When person A borrows money from person B, person B usually expects to get paid back the money that was borrowed (the principal amount, P), plus a fee for the use of their money (the interest, I). From the point of view of the lender, B, they are making an investment, with a present value (PV = P) in the expectation of getting back a future value (FV = P + I).
Usually investors do not wish to wait until the end of the term of the loan to get paid. They expect periodic payments of at least the interest (in the case of bonds), and perhaps part of the principal as well (in the case of mortgages). Here are some of the relevant formulas:
For a bond, the principal is call the face amount, FaceAmount and the amount of interest to be paid back annually is called the coupon Coupon, given as a percentage. The interest period (IntPeriod) is given in months (usually six months). Then the periodic payment (PerPayment) will be:
PerPayment = FaceAmount * (Coupon/100)*(IntPeriod/12)
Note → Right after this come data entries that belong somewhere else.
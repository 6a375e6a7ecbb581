// Accesses to arrays.

ghost use Rattle.std.specs.Prelude.{◌≡◌, map};
ghost use Rattle.mz_core.specs.TreeViews.{tree};
ghost use Rattle.mz_check_meaning.specs.Arrays.{index_base, index_fitted, indices_fitted, accessed};
ghost use Rattle.mz_check_meaning.specs.Passes.{Passes};

use crate::coerce::{allowed_at, fitted};
use crate::kinds::{
    dims_of, element_of, is_scalar, is_set_type, made_var, mismatch, refusal, typed_as,
};
use crate::literals::some_var;
use crate::{make_access, place_of, type_of};
use mz_base::{Kind, Span, Stop};
use mz_core::{Base, Core, Ix};
use std::alloc::Global;

/// The base of an index of this type.
fn index_base(x: Ix) -> Base
    ensures { result ≡ index_base x }
{
    match x {
        Ix::Int => Base::Int,
        Ix::Enum(e) => Base::Enum(e),
    }
}

/// An index, coerced to its type. LeftOut at the access, where it is a set; TypeMismatch at the index, where it isn't below its type.
fn index_fitted(alloc: Global, span: Span, e: Core, x: Ix) -> Result<Core, Stop>
    ensures { Passes tree result (index_fitted span (tree e) x) }
{
    if is_set_type(type_of(&e)) {
        return Err(refusal(Kind::LeftOut, span));
    }
    let t = typed_as(alloc, &e, index_base(x));
    fitted(alloc, e, &t)
}

/// Each index, coerced to its type, from the left.
#[tactic(auto, unfolding(mz_check_meaning::specs::Arrays::indices_fitted))]
fn indices_fitted(alloc: Global, span: Span, es: Vec<Core>, xs: &[Ix]) -> Result<Vec<Core>, Stop>
    ensures { Passes (λ v. map tree v.items) result (indices_fitted span (map tree es.items) xs.now) }
{
    let mut all = Vec::with_capacity(alloc, es.len())?;
    let mut i = 0usize;
    for e in es {
        if i >= xs.len() {
            return Ok(all);
        }
        all.push(index_fitted(alloc, span, e, xs[i])?)?;
        i += 1;
    }
    Ok(all)
}

/// An access with its typed array and indices. TypeMismatch at what is no array, at the access where it has more or fewer indices than
/// the array has dimensions, or at an index; LeftOut at the access where an index is a set.
#[inline(never)]
#[tactic(auto, unfolding(mz_check_meaning::specs::Arrays::accessed))]
pub fn accessed(alloc: Global, span: Span, e: Core, es: Vec<Core>) -> Result<Core, Stop>
    ensures { Passes tree result (accessed span (tree e) (map tree es.items)) }
{
    if is_scalar(type_of(&e)) {
        return Err(mismatch(place_of(&e)));
    }
    if es.len() != dims_of(type_of(&e)).len() {
        return Err(mismatch(span));
    }
    let var = some_var(&es);
    let indices = indices_fitted(alloc, span, es, dims_of(type_of(&e)))?;
    let ty = allowed_at(span, made_var(var, element_of(alloc, type_of(&e))))?;
    Ok(make_access(alloc, span, ty, e, indices)?)
}
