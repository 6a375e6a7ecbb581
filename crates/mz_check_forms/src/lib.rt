// What holds of each form of an expression when its parts are typed: its own premises, and its typed node.
#![tactic(auto)]

mod access;
mod branches;
mod coerce;
mod joins;
mod kinds;
mod literals;
mod look;
mod make;
mod parts;

pub use access::accessed;
pub use branches::decided;
pub use coerce::{all_coerced, allowed_at, coerced, coercions_to, condition, each_to, fitted};
pub use kinds::{
    base_of, dims_of, element_of, is_allowed, is_scalar, is_set_type, list_of, made_var, mismatch,
    refusal, scalar, typed_as, var_of,
};
pub use literals::{is_var, listed, member_base, set_base, set_literal, some_var, tabled};
pub use look::{place_of, type_of};
pub use make::{
    make_absent, make_access, make_array, make_bool, make_builtin, make_call, make_case,
    make_chain, make_coercion, make_comprehension, make_enum_set, make_if, make_int, make_let,
    make_rows, make_set, make_slot, make_text,
};
pub use parts::{
    make_constraint, make_declaration, make_declared_type, make_generator, make_local, make_step,
};
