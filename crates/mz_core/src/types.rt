// Types, and what goes from one type to another.

/// What a scalar is, or each element of an array.
///
/// An enum goes by its number. `SetBottom` is the base of `{}`, and `Bottom` that of the elements of
/// `[]` and of `<>`.
#[derive(Clone, Copy, Debug, PartialEq, Eq)]
pub enum Base {
    Bool,
    Int,
    Enum(u64),
    SetInt,
    SetEnum(u64),
    SetBottom,
    Text,
    Bottom,
}

/// The type of an index: an integer, or a case of the enum with this number.
#[derive(Clone, Copy, Debug, PartialEq, Eq)]
pub enum Ix {
    Int,
    Enum(u64),
}

/// A type.
///
/// `dims` has the index type of each dimension of an array, and nothing for a scalar; `var`, `opt`
/// and `base` are those of the scalar or of the array's elements.
#[derive(Debug, Drop)]
pub struct TypeInst {
    pub var: bool,
    pub opt: bool,
    pub base: Base,
    pub dims: Vec<Ix>,
}

/// The types of a function's or an operator's parameters, in order, and of its result.
#[derive(Debug, Drop)]
pub struct Signature {
    pub params: Vec<TypeInst>,
    pub result: TypeInst,
}

/// One step from a type to a higher one. Of an array it coerces each element, but for `IndexToInt`,
/// which coerces an index, and for `SetToArray`, which makes an array of a set's elements in
/// ascending order.
#[derive(Clone, Copy, Debug, PartialEq, Eq)]
pub enum Coercion {
    ToVar,
    BoolToInt,
    EnumToInt,
    SetEnumToSetInt,
    ToOpt,
    SetToArray,
    IndexToInt,
    BottomToBase,
    SetBottomToSet,
}
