// The typed tree: expressions whose names are slots, whose calls have their overload, and whose
// coercions are written out.

use crate::types::{Coercion, TypeInst};
use mz_base::{Name, Span};

/// A typed expression: the place of its first token, its type, and its outermost form.
#[cycle(typed)]
pub struct Core {
    pub span: Span,
    pub ty: TypeInst,
    pub form: CoreForm,
}

impl Drop for Core {
    #[cycle(typed)]
    fn drop(self) {
        let Core {
            span: _,
            ty: _ty,
            form: _form,
        } = self;
    }
}

/// What a typed expression is, by its outermost form.
///
/// Parentheses make no node, and the operators of one level in a row are one `Chain`.
#[derive(Drop)]
#[cycle(typed)]
pub enum CoreForm {
    Bool(bool),
    Int(i64),
    /// A case of the enum with this number. The first case has number 1.
    Enum(u64, i64),
    /// A text literal, whose text the program has under this name.
    Text(Name),
    /// `<>`.
    Absent,
    /// The set of all cases of the enum with this number.
    EnumSet(u64),
    /// A declared name, a parameter, a local or a generator's variable, by its number.
    Slot(u64),
    /// `..` as an index.
    Whole,
    /// The first operand, and the operators of one level with their other operands. It stands for
    /// binary nodes of which each is the first operand of the next, for `++` the last.
    Chain(Box<Core>, Vec<CoreStep>),
    /// A row of the table of built-ins, and its arguments.
    Builtin(u32, Vec<Core>),
    /// A function by its place among the program's, and its arguments.
    Call(u64, Vec<Core>),
    /// An array, and an index for each of its dimensions.
    Access(Box<Core>, Vec<Core>),
    Array(Vec<Core>),
    Rows(Vec<Vec<Core>>),
    Set(Vec<Core>),
    /// Whether it is in braces, its head, and its generators.
    Comp(bool, Box<Core>, Vec<CoreGen>),
    /// Conditions, each with its branch, and what follows `else`.
    If(Vec<(Core, Core)>, Option<Box<Core>>),
    Let(Vec<CoreItem>, Box<Core>),
    /// One step of coercion, to the type of this node.
    Coerce(Coercion, Box<Core>),
}

/// A generator: the slots of its names, the set or array that they run over, and a `where`.
#[cycle(typed)]
pub struct CoreGen {
    pub slots: Vec<u64>,
    pub set: Core,
    pub cond: Option<Core>,
}

impl Drop for CoreGen {
    #[cycle(typed)]
    fn drop(self) {
        let CoreGen {
            slots: _slots,
            set: _set,
            cond: _cond,
        } = self;
    }
}

/// A declared type with its place: an index set for each dimension, `None` where the index is `int`,
/// and the set of its values, `None` where the base is `bool` or `int`.
#[derive(Drop)]
#[cycle(typed)]
pub struct CoreType {
    pub span: Span,
    pub ty: TypeInst,
    pub index: Vec<Option<Core>>,
    pub set: Option<Core>,
}

/// A declaration or a parameter: its slot, its name with the name's place, its type, and its value.
///
/// The value is the written one, or the one from data.
#[cycle(typed)]
pub struct CoreDecl {
    pub slot: u64,
    pub name: Name,
    pub span: Span,
    pub ty: CoreType,
    pub value: Option<Core>,
}

impl Drop for CoreDecl {
    #[cycle(typed)]
    fn drop(self) {
        let CoreDecl {
            slot: _,
            name: _,
            span: _,
            ty: _ty,
            value: _value,
        } = self;
    }
}

/// An item of a `let`.
#[cycle(typed)]
pub enum CoreItem {
    Decl(CoreDecl),
    Constraint(Core),
}

impl Drop for CoreItem {
    #[cycle(typed)]
    fn drop(self) {
        match self {
            CoreItem::Decl(_decl) => {}
            CoreItem::Constraint(_constraint) => {}
        }
    }
}

/// An operator of a chain: the place of its second operand's first token, a parenthesis too, its row
/// and its type, the coercions of its two operands, in order, each with the type that it leads to, and
/// its second operand.
#[cycle(typed)]
pub struct CoreStep {
    pub start: Span,
    pub row: u32,
    pub ty: TypeInst,
    pub left: Vec<(Coercion, TypeInst)>,
    pub right: Vec<(Coercion, TypeInst)>,
    pub operand: Core,
}

impl Drop for CoreStep {
    #[cycle(typed)]
    fn drop(self) {
        let CoreStep {
            start: _,
            row: _,
            ty: _ty,
            left: _left,
            right: _right,
            operand: _operand,
        } = self;
    }
}
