// What is read of a typed expression.

ghost use Rattle.std.specs.Prelude.{◌≡◌};
ghost use Rattle.mz_core.specs.Types.{plain_type};
ghost use Rattle.mz_core.specs.Tree as pure;
ghost use Rattle.mz_core.specs.TreeViews.{tree};

use mz_base::Span;
use mz_core::{Core, TypeInst};

/// The place of an expression's first token.
pub fn place_of(e: &Core) -> Span
    ensures { result ≡ pure.place_of (tree e.now) }
{
    e.span
}

/// An expression's type.
pub fn type_of(e: &Core) -> &TypeInst
    ensures { plain_type result.now ≡ pure.type_of (tree e.now) }
{
    &e.ty
}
A Bond has an issue date (IssueDate) and usually has a call date (CallDate) and a maturity date (MatDate). If the VBA function DateDiff("m",date1,date2) returns the difference in months between date1 and date2 (with the earlier date first), then the total interest to maturity (IntMat) and call (IntCall) are approximately given by
IntMat = FaceAmount * (Coupon/100) *
DateDiff("m",IssueDate,MatDate))/12
IntCall = FaceAmount * (Coupon/100) * DateDiff("m",IssueDate,CallDate)/12
With a one day fudge needed on the Maturity or Call date to complete the final month and a more precise calaculation to the day, rather than the month needed to conform to common trading conventions
To complicate things more, bonds are actually traded and revalued against current interest rates and may sell above or below the face amount.
For a mortage, the borrower is expected to pay some amount of interest and some amount of principal each month. There are many possible mortage schemes, but the calssic fixed rate mortage is based in a single annual interest rate (IntRate) as a percentage, a monthly interest period (IntPeriod=1) and a fixed total payment (Payment) set so that the entire loan will be paid off in a fixed term of years (Term). call the original loan amount, LoanAmount, then the necessary payment will be computer in terms of the monthly interest rate (int:
int = IntRate/100*(IntPeriod/12)
Payment = LoanAmount *
(int*(1+int)^(Term*12/IntPeriod))/((1+int)^(Term*12/IntPeriod)-1)